The deferral of the Ulu project will reduce planned 1997 capital expenditures
by $4 million.
    At 60%-owned Paredones Amarillos, Echo Bay's share of 1997 capital
expenditures would not exceed $10 million, down from $44 million planned
originally.  Of this, $2 million was spent through June 30.  The remaining
amount to be spent during 1997 will be devoted to detailed engineering work,
permitting activities, water development, and other work required to maintain
the integrity of the project and enable development to proceed quickly and
smoothly to construction at such time as a final construction decision is
made.
    Echo Bay and its 40% joint venture partner at Paredones Amarillos, Viceroy
Resource Corporation (TSE: VOY), estimate that less than $2 million will be
added to the total cost of the project by deferring the final construction
decision at least until early 1998.  This amount is more than offset by a $15
million reduction in capital costs that has been achieved by re-engineering
the mill process flowsheet, including elimination of the cyanide regeneration
circuit; purchasing used equipment; redesigning the site layout; and
optimizing a number of other aspects of the project.

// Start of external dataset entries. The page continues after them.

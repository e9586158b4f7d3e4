//! An allocator of one's own: here the one of `refusing_memory`, which refuses every request.

use crate::kernels::sums;
use cvl_base::{Config, Memory, Refused};
use refusing_memory::{Refusal, Refusing};
use std::thread::Threads;

/// The sum of two vectors where there is no memory for it.
pub fn is_refused<R: Threads + Sync, A: Memory>(rt: &R, alloc: A, config: Config) -> bool {
    let nothing = Refusing::new(Refusal::From(0), alloc);
    matches!(sums(rt, &nothing, config), Err(Refused::NoResources))
}
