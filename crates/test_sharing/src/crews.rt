//! A crew whose workers make the pieces of a list, and the list that is gathered from them.

use crate::counter::Counter;
use crate::tiles::CountedTiles;
use boards::{Claim, ScanBoard, ScanSeat, Tiles};
use crew::{Gate, OpenGate, Work, pieces_law, run_crew};
use cvl_base::{Memory, Monoid, NoResources};
use sharing::ThreadCount;
use std::alloc::Allocator;
use std::thread::Threads;
use tile_plan::{Plan, gather};

/// A work that makes one item of each tile: what the tiles before it join to.
#[derive(Drop)]
struct Befores<T: Tiles, A: Allocator> {
    board: ScanBoard<T, A>,
}

impl<T: Tiles + Sync, A: Memory> Work for Befores<T, A>
where
    T::M: Send + Sync,
    <T::M as Monoid>::Item: Send + Sync,
{
    ghost use Rattle.std.specs.Prelude.{◌∷◌, [], length};
    ghost use Rattle.boards.specs.Boards.{IsSeatOf};
    ghost use Rattle.cvl_base.specs.TileSums.{before_tile};

    type Seat = ScanSeat<T::M>;

    type Item = <T::M as Monoid>::Item;

    ghost count = { λ work. length work.board.sums };

    ghost items = { λ work t. (before_tile T.M.join T.M.unit work.board.sums t).1 ∷ [] };

    ghost IsSeat = { λ work seat. IsSeatOf work.board seat };

    ghost given = { λ seat. seat.pass.hand.given };

    ghost is_done = { λ seat. seat.is_done };

    ghost HasFact = { λ work seat _. IsSeatOf work.board seat };

    fn claim(&self, seat: &mut ScanSeat<T::M>) -> Claim {
        self.board.claim(seat)
    }

    fn tile<B: Memory, G: Gate>(
        &self,
        alloc: B,
        seat: &mut ScanSeat<T::M>,
        _worker: u32,
        t: u32,
        _gate: &G,
    ) -> Result<Vec<<T::M as Monoid>::Item, B>, NoResources> {
        self.board.tell_sum(seat, t);
        let before = self.board.look_back(seat, t).before;
        self.board.tell_prefix(seat, t, before);
        let mut items = Vec::with_capacity(alloc, 1)?;
        items.push_reserved(before.1);
        Ok(items)
    }
}

/// How many numbers were given to so many workers, and the sum of those before each.
fn sums_before<R: Threads + Sync, A: Memory>(
    rt: &R,
    alloc: A,
    workers: ThreadCount,
    tiles: CountedTiles<'_>,
) -> Result<(u32, Vec<i32, A>), NoResources> {
    let plan = Plan::new(tiles.count(), 1);
    let (board, seats) = ScanBoard::new(alloc, tiles, workers.get() as u32)?;
    let work = Befores { board };
    let crewed = run_crew(rt, alloc, workers, &work, seats, &OpenGate)?;
    let Befores { board } = work;
    let ended = board.close(crewed.seats);
    pieces_law::<i32>();
    let sums = gather(rt, alloc, workers, plan, crewed.pieces)?;
    Ok((ended.given, sums))
}

/// Whether the sums before each of the first so many numbers are those worked out by hand, and each number was given.
pub fn are_summed<R: Threads + Sync, A: Memory>(
    rt: &R,
    alloc: A,
    workers: ThreadCount,
    count: usize,
) -> Result<bool, NoResources> {
    let (numbers, _) = [3, 1, 7, 0].as_slice().split_at(count.min(4));
    let (right, _) = [0, 3, 4, 11].as_slice().split_at(count.min(4));
    let counter = Counter::new(0);
    let tiles = CountedTiles::new(numbers, &counter);
    let (given, sums) = sums_before(rt, alloc, workers, tiles)?;
    Ok(given as usize == count && sums.as_slice() == right)
}
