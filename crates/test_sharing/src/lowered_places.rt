//! Least boards: two seats whose workers take their steps in turn. The program of `embedding` has one in two threads.

use boards::{LeastBoard, Targets};
use cvl_base::{Memory, NoResources};
use tile_plan::Plan;

/// Eight places, all in the first of two slots.
#[derive(Drop)]
struct AllInFirst;

impl Targets for AllInFirst {
    ghost use Rattle.std.specs.Prelude.{Some, replicate};

    ghost targets = { λ _. replicate 8 (Some 0) };

    ghost slot_count = { λ _. 2 };

    fn places(&self) -> u32 {
        8
    }

    fn slots(&self) -> u32 {
        2
    }

    fn slot(&self, _place: u32) -> Option<u32> {
        Some(0)
    }
}

/// Whether each answer of two workers is the one worked out by hand, for eight places that are all in the first of two slots:
/// each worker sees what the other one lowers, and a greater place changes nothing. In the second slot no place is lowered.
pub fn answers_by_hand<A: Memory>(alloc: A) -> Result<bool, NoResources> {
    let (board, mut seats) = LeastBoard::new(alloc, AllInFirst, Plan::new(8, 2), 2)?;
    let (Some(mut second), Some(mut first)) = (seats.pop(), seats.pop()) else {
        return Ok(false);
    };
    let none = board.least(&mut second, 0);
    board.lower(&mut first, 0, 7);
    let told = board.least(&mut second, 0);
    board.lower(&mut second, 0, 3);
    board.lower(&mut first, 0, 5);
    let (mine, theirs) = (board.least(&mut second, 0), board.least(&mut first, 0));
    let mut seats = Vec::with_capacity(alloc, 2)?;
    seats.push_reserved(first);
    seats.push_reserved(second);
    let leasts = board.close(seats);
    let answers = [none, told, mine, theirs, leasts.get(0), leasts.get(1)];
    Ok(answers == [None, Some(7), Some(3), Some(3), Some(3), None])
}
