//! Scans of more segments than are marked at once, some of them empty, one with more elements than a group of marks has.

use cvl_base::monoids::Add;
use scan_walks::seg_scan_over;
use segdes::SegLengths;
use std::test::Fail;

/// How many segments there are; a walk by marks takes 128 at a time.
const SEGMENTS: usize = 700;

/// The segment that is longer than the 1,024 elements that are marked at once.
const LONG: usize = 300;

/// How many elements segment s has: 0 to 6 in no order, and once 1,100.
fn length_of(s: usize) -> i32 {
    if s == LONG {
        return 1_100;
    }
    (s.wrapping_mul(5) % 7) as i32
}

/// Whether each element has the number of those before it in its segment.
fn are_counted(scan: &[i32], lengths: &[i32]) -> bool {
    let mut place = 0usize;
    for length in lengths {
        for before in 0..*length {
            if scan.get(place) != Some(&before) {
                return false;
            }
            place = place.wrapping_add(1);
        }
    }
    place == scan.len()
}

#[test]
fn scans_by_marks(rt: HostRuntime) -> Result<(), Fail> {
    let mut lengths = vec![in rt.alloc(); 0; SEGMENTS]?;
    let mut total = 0usize;
    for s in 0..lengths.len() {
        lengths[s] = length_of(s);
        total = total.wrapping_add(length_of(s).cast_unsigned() as usize);
    }
    let ones = vec![in rt.alloc(); 1; total]?;
    let mut scan = vec![in rt.alloc(); -1; total]?;
    let checked = SegLengths::of(&lengths)?;
    seg_scan_over::<Add>(&ones, &checked, &mut scan)?;
    assert!(rt; are_counted(&scan, &lengths));
    Ok(())
}
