//! A count that holds the first to count.

use std::sync::atomic::{AtomicBool, AtomicU64, Ordering};
use std::thread::yield_now;

/// The most looks of a held worker at whether it may continue. After each look it lets another thread run: on a busy machine the
/// workers that it waits for may themselves wait for a processor.
const TURNS: u64 = 10_000_000;

/// A count that holds the first to add to it until others have added enough that it has come so far.
#[derive(Drop)]
pub struct Counter {
    count: AtomicU64,
    until: u64,
    is_overdue: AtomicBool,
}

impl Counter {
    pub fn new(until: u64) -> Counter {
        Counter {
            count: AtomicU64::new(0),
            until,
            is_overdue: AtomicBool::new(false),
        }
    }

    /// How far it has come.
    pub fn count(&self) -> u64 {
        self.count.load(Ordering::SeqCst)
    }

    /// Whether a worker waited in vain.
    pub fn is_overdue(&self) -> bool {
        self.is_overdue.load(Ordering::SeqCst)
    }

    /// Counts one time more, and holds the first worker.
    pub fn add(&self) {
        if self.count.fetch_add(1, Ordering::SeqCst) > 0 {
            return;
        }
        for _ in 0..TURNS {
            if self.count() >= self.until {
                return;
            }
            yield_now();
        }
        self.is_overdue.store(true, Ordering::SeqCst);
    }
}
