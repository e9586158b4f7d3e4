//! A call in parts, each of which a thread of one's own may make.

use cvl_base::{Memory, Refused};
use part_calls::carries::{checked_scan_from, exact_sum};

/// The sums of the numbers before each number, in two parts: those of the second one go on from what the first one adds up to.
pub fn scan_in_parts<A: Memory>(
    alloc: A,
    first: &[i32],
    second: &[i32],
) -> Result<Vec<i32, A>, Refused> {
    let mut sums = vec![in alloc; 0; first.len()]?;
    checked_scan_from(&0, first, &mut sums)?;
    let mut rest = vec![in alloc; 0; second.len()]?;
    checked_scan_from(&exact_sum(first)?, second, &mut rest)?;
    sums.extend_from_slice(&rest)?;
    Ok(sums)
}
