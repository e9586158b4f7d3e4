//! Kernels, on vectors of the caller's own.

use crew::OpenGate;
use cvl_base::{Config, IntBinary, IntMonoid, Memory, Refused};
use elementwise::int2;
use scan_ops::seg_int_reduce;
use segdes::SegDes;
use std::thread::Threads;

/// Two vectors in, their sum out.
pub fn sums<R: Threads + Sync, A: Memory>(
    rt: &R,
    alloc: A,
    config: Config,
) -> Result<Vec<i32, A>, Refused> {
    let a = [3, 1, 7, 0, 4];
    let b = [1, 1, 1, 1, 1];
    let add = IntBinary::Monoid(IntMonoid::Add);
    int2(rt, alloc, config, add, &a, &b, &OpenGate)
}

/// The sum of each row of a ragged table, whose rows are segments.
pub fn sums_of_segments<R: Threads + Sync, A: Memory>(
    rt: &R,
    alloc: A,
    config: Config,
) -> Result<Vec<i32, A>, Refused> {
    let rows = SegDes::from_lengths(alloc, &[0, 2, 0, 3, 0])?;
    seg_int_reduce(
        rt,
        alloc,
        config,
        IntMonoid::Add,
        &[5, 1, 7, 7, 1],
        &rows,
        &OpenGate,
    )
}
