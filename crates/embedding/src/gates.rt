//! A gate of one's own, which counts the tiles that workers have finished.

use crew::{Gate, Point};
use cvl_base::monoids::Add;
use cvl_base::{Config, Memory, Refused};
use scan_ops::scan;
use std::sync::atomic::{AtomicU64, Ordering};
use std::thread::Threads;

/// How many tiles were finished.
#[derive(Drop)]
struct Finished {
    tiles: AtomicU64,
}

impl Gate for Finished {
    fn pass(&self, _worker: u32, point: Point) {
        if let Point::Finished(_) = point {
            self.tiles.fetch_add(1, Ordering::SeqCst);
        }
    }
}

/// The scan of five numbers, and how many tiles its workers have finished.
pub fn scan_and_tiles<R: Threads + Sync, A: Memory>(
    rt: &R,
    alloc: A,
    config: Config,
) -> Result<(Vec<i32, A>, u64), Refused> {
    let gate = Finished {
        tiles: AtomicU64::new(0),
    };
    let sums = scan::<_, _, Add, _>(rt, alloc, config, &[3, 1, 7, 0, 4], &gate)?;
    Ok((sums, gate.tiles.load(Ordering::SeqCst)))
}
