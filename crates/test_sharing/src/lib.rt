//! Tests of what threads share: the scan board and the least board, by hand, and the scan board by two threads of the test's own
//! beside a third worker; a list gathered from the pieces of a crew; the world of workers; and vectors that several threads
//! write, also one of two runs that wait for each other, which are pushed to, shrunk and cloned afterwards, and one that a thread
//! leaves early; partitions by a digit; orders, ranks and sorts; and scans of short segments. Whatever asks for memory is made
//! with each of its requests refused in turn.
#![tactic(auto)]

#[cfg(test)]
mod counter;
#[cfg(test)]
mod crews;
#[cfg(test)]
mod doubles;
#[cfg(test)]
mod lowered_places;
#[cfg(test)]
mod partitions;
#[cfg(test)]
mod requests;
#[cfg(test)]
mod scan_boards;
#[cfg(test)]
mod short_segments;
#[cfg(test)]
mod sorts;
#[cfg(test)]
mod tiles;
#[cfg(test)]
mod worlds;
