//! The examples of `docs/dev/embedding.md`: calls of the library from code of one's own.
#![tactic(auto)]

mod gates;
mod kernels;
mod memory;
mod own_threads;
mod parts;
mod sessions;

use cvl_base::Config;
use std::io;
use std::str::from_utf8;

fn main(rt: HostRuntime) -> io::Result<()> {
    let alloc = rt.alloc();
    let config = Config::new(1, 2).unwrap();
    println!(rt; "sums: {:?}", kernels::sums(&rt, alloc, config))?;
    println!(rt;
        "sums of segments: {:?}",
        kernels::sums_of_segments(&rt, alloc, config)
    )?;
    if let Ok(text) = sessions::text_of_scan(&rt, alloc, config, [3, 1, 7, 0, 4]) {
        println!(rt; "text: {:?}", from_utf8(&text))?;
    }
    println!(rt;
        "scan and tiles: {:?}",
        gates::scan_and_tiles(&rt, alloc, config)
    )?;
    if let Ok(numbers) = [-1, 0, 1].repeat(alloc, 1_000) {
        let first = own_threads::first_of_each_sign(&rt, alloc, &numbers);
        println!(rt; "first of each sign: {first:?}")?;
    }
    println!(rt; "refused: {}", memory::is_refused(&rt, alloc, config))?;
    println!(rt;
        "scan in parts: {:?}",
        parts::scan_in_parts(alloc, &[3, 1, 7], &[0, 4])
    )?;
    Ok(())
}
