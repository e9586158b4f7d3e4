//! A board that threads of one's own share: they look for the first number of each sign in a list.

ghost use Rattle.std.specs.Prelude.{◌≡◌, ◌<◌, ◌≤◌, Some, length, map};
ghost use Rattle.boards.specs.LeastBoards.{IsLeastSeatOf};
ghost use Rattle.cvl_base.specs.Limits.{most_elements};
ghost use Rattle.tile_plan.specs.Ranges.{tile_count};
ghost use Rattle.embedding.specs.Signs.{slot_of};

use boards::{Claim, LeastBoard, LeastSeat, Targets};
use cvl_base::{Memory, NoResources};
use std::alloc::Allocator;
use std::thread::{Threads, join_mut};
use tile_plan::Plan;

/// The numbers, each in the slot of its sign: 0 for those below zero, 1 for zero, and 2 for those above.
#[derive(Drop)]
struct Signs<'a> {
    numbers: &'a [i32],
    ghost few: { length numbers.now ≤ most_elements },
}

/// The slot of a number.
fn slot_of_number(number: &i32) -> u32
    ensures value { result ≡ slot_of number.now }
    ensures within { result < 3 }
{
    if *number < 0 {
        0
    } else if *number == 0 {
        1
    } else {
        2
    }
}

impl Targets for Signs<'_> {
    ghost targets = { λ signs. map (λ x. Some (slot_of x)) signs.numbers.now };

    ghost slot_count = { λ _. 3 };

    fn places(&self) -> u32 {
        self.numbers.len() as u32
    }

    fn slots(&self) -> u32 {
        3
    }

    fn slot(&self, place: u32) -> Option<u32> {
        Some(slot_of_number(&self.numbers[place as usize]))
    }
}

/// What the threads share: the board, and the tiles into which the numbers are cut.
#[derive(Drop)]
struct Shared<'a, 'b, A: Allocator> {
    board: &'a LeastBoard<Signs<'b>, A>,
    numbers: &'b [i32],
    plan: Plan,
    ghost targets: { board.now.targets ≡ map (λ x. Some (slot_of x)) numbers.now },
    ghost slots: { board.now.slots ≡ 3 },
    ghost tiles: { board.now.tiles ≡ tile_count plan.len plan.tile },
    ghost places: { plan.len ≡ length numbers.now },
}

impl<'a, 'b, A: Memory> Shared<'a, 'b, A> {
    /// Lowers each place of a tile, in the slot of its number.
    fn lower_each(&self, seat: &mut LeastSeat, from: u32, to: u32)
        requires seat { IsLeastSeatOf self.now.board.now seat.old }
        requires within { to ≤ length self.now.numbers.now }
        ensures { IsLeastSeatOf self.now.board.now seat.new }
    {
        for place in from..to {
            let slot = slot_of_number(&self.numbers[place as usize]);
            self.board.lower(seat, slot, place);
        }
    }

    /// What one thread does: it claims tiles until none is left.
    fn work(&self, seat: &mut LeastSeat)
        requires { IsLeastSeatOf self.now.board.now seat.old }
        ensures { IsLeastSeatOf self.now.board.now seat.new }
    {
        for _ in 0..=self.plan.count() {
            let Claim::Tile(t) = self.board.claim(seat) else {
                return;
            };
            let (from, to) = self.plan.range(t);
            self.lower_each(seat, from, to);
        }
    }

    /// Two threads at work, each with a seat of its own.
    fn in_two_threads<R: Threads + Sync>(
        &self,
        rt: &R,
        first: &mut LeastSeat,
        second: &mut LeastSeat,
    )
        requires first { IsLeastSeatOf self.now.board.now first.old }
        requires second { IsLeastSeatOf self.now.board.now second.old }
        ensures first { IsLeastSeatOf self.now.board.now first.new }
        ensures second { IsLeastSeatOf self.now.board.now second.new }
    {
        let mut first_half = ||
            requires { IsLeastSeatOf self.now.board.now first.now }
            ensures { IsLeastSeatOf self.entry.now.board.now first.exit.now }
        { self.work(first) };
        let mut second_half = ||
            requires { IsLeastSeatOf self.now.board.now second.now }
            ensures { IsLeastSeatOf self.entry.now.board.now second.exit.now }
        { self.work(second) };
        join_mut(rt, &mut first_half, &mut second_half);
    }
}

/// The places of the first number below zero, the first zero and the first number above, which two threads look for in tiles of
/// 16 numbers.
pub fn first_of_each_sign<R: Threads + Sync, A: Memory>(
    rt: &R,
    alloc: A,
    numbers: &[i32],
) -> Result<[Option<u32>; 3], NoResources>
    requires { length numbers.now ≤ most_elements }
{
    let plan = Plan::new(numbers.len() as u32, 16);
    let (board, mut seats) = LeastBoard::new(alloc, Signs { numbers }, plan, 2)?;
    let (Some(mut second), Some(mut first)) = (seats.pop(), seats.pop()) else {
        return Ok([None; 3]);
    };
    let shared = Shared {
        board: &board,
        numbers,
        plan,
    };
    shared.in_two_threads(rt, &mut first, &mut second);
    let mut seats = Vec::with_capacity(alloc, 2)?;
    seats.push_reserved(first);
    seats.push_reserved(second);
    let leasts = board.close(seats);
    Ok([leasts.get(0), leasts.get(1), leasts.get(2)])
}
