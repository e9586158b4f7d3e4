//! What threads share, with ample memory and with each of its requests refused in turn.

use crate::counter::Counter;
use crate::{crews, doubles, lowered_places, partitions, scan_boards, sorts, worlds};
use cvl_base::{Config, Memory, NoResources};
use refusing_memory::withstands_refusals;
use sharing::all_workers;
use std::test::Fail;
use std::thread::Threads;

/// What is made.
enum Made {
    ScanBoard,
    LeastBoard,
    World,
    /// The sums before each of four numbers, by a crew.
    Sums,
    /// The doubles of so many numbers.
    Doubles(usize),
    /// What a thread that stops early leaves.
    Early,
    /// So many numbers by their last digit.
    Partition(u16),
    /// The order, the ranks and the sort of so many keys.
    Sorts(u32),
}

/// Each, by so many workers, and how many requests it makes at least.
const ALL: &[(Made, &[u32], u64)] = &[
    (Made::ScanBoard, &[1], 3),
    (Made::LeastBoard, &[1], 3),
    // the sums, the words and the states
    (Made::World, &[1], 3),
    // the board, its seats, four pieces, their list and the whole
    (Made::Sums, &[1, 2, 4, 9], 9),
    // no number, one, fewer than threads, more, and so many that threads share them; the vector, and where it is pushed to
    (Made::Doubles(0), &[1, 3, 8], 2),
    (Made::Doubles(1), &[1, 3, 8], 2),
    (Made::Doubles(5), &[1, 3, 8], 2),
    (Made::Doubles(40), &[1, 3, 8], 2),
    (Made::Doubles(262_145), &[8], 2),
    (Made::Early, &[1], 1),
    // no number, fewer than threads or digits, and more; the numbers, the room and the counts
    (Made::Partition(0), &[1, 2, 3, 4, 5], 1),
    (Made::Partition(3), &[1, 2, 3, 4, 5], 3),
    (Made::Partition(997), &[1, 2, 3, 4, 5, 9], 3),
    // each length at which a sort goes over from insertion to digits of 8 bits, and to digits of 11, and the one before; more
    // keys than digits of 11 bits; and so many that two threads share them; the keys, what is told of them, and what each call
    // works in
    (Made::Sorts(1), &[1], 4),
    (Made::Sorts(48), &[2], 4),
    (Made::Sorts(49), &[2], 9),
    (Made::Sorts(1_535), &[2], 9),
    (Made::Sorts(1_536), &[2], 9),
    (Made::Sorts(5_000), &[2], 9),
    (Made::Sorts(262_147), &[3], 14),
];

/// Whether it is right.
fn is_right<R: Threads + Sync, A: Memory>(
    rt: &R,
    heap: A,
    made: &Made,
    config: Config,
) -> Result<bool, NoResources> {
    let threads = all_workers(config);
    match made {
        Made::ScanBoard => scan_boards::answers_by_hand(heap),
        Made::LeastBoard => lowered_places::answers_by_hand(heap),
        Made::World => worlds::answers_by_hand(heap),
        Made::Sums => crews::are_summed(rt, heap, threads, 4),
        Made::Doubles(length) => {
            doubles::are_written(rt, heap, threads, *length, &Counter::new(0))
        }
        Made::Early => doubles::keeps_what_is_written(heap),
        Made::Partition(length) => partitions::are_parted(rt, heap, threads, *length),
        Made::Sorts(length) => sorts::are_right(rt, heap, threads, *length),
    }
}

/// How many requests it makes by so many workers, each of which is refused in turn.
fn requests_of<R: Threads + Sync + AllocGlobal>(
    rt: &R,
    made: &Made,
    workers: u32,
) -> Result<u64, Fail> {
    let config = Config::new(1, workers)?;
    let requests = withstands_refusals(
        rt.alloc(),
        |heap| is_right(rt, heap, made, config),
        Ok(true),
        Err(NoResources),
    );
    Ok(requests?)
}

#[test]
fn each_request_refused(rt: HostRuntime) -> Result<(), Fail> {
    for (made, by, least) in ALL {
        for workers in *by {
            let requests = requests_of(&rt, made, *workers)?;
            assert!(rt; requests >= *least, "{requests} and not {least}");
        }
    }
    Ok(())
}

    Echo Bay has also deferred construction activities at the 100%-owned
Aquarius gold mine in the Timmins gold district of Ontario.  Deferral reduces
Echo Bay's 1997 capital expenditure requirements at Aquarius to approximately
$39 million from the originally planned $70 million.  Of that, $12 million was
spent through June 30.  The remaining amount to be spent during 1997 will be
devoted primarily to completion of the frozen underground barrier system.  The
barrier system is being constructed to block groundwater from flowing into the
proposed pit.  Once frozen, the underground "freeze wall" can be maintained
indefinitely at a nominal cost.  Underground freezing is a proven, cost-
effective technology that has been used in tunneling and shaft boring for over
100 years.
    New mining and blasting methods, recently initiated at the Lupin mine in
the Northwest Territory of Canada, are proving successful in reducing waste
rock dilution, improving millhead ore grade and controlling costs.  These
improvements, in conjunction with other cost savings being put in place at the
site, indicate that mining can continue economically below the 1,400 meter
level into mineralization previously identified but considered uneconomical.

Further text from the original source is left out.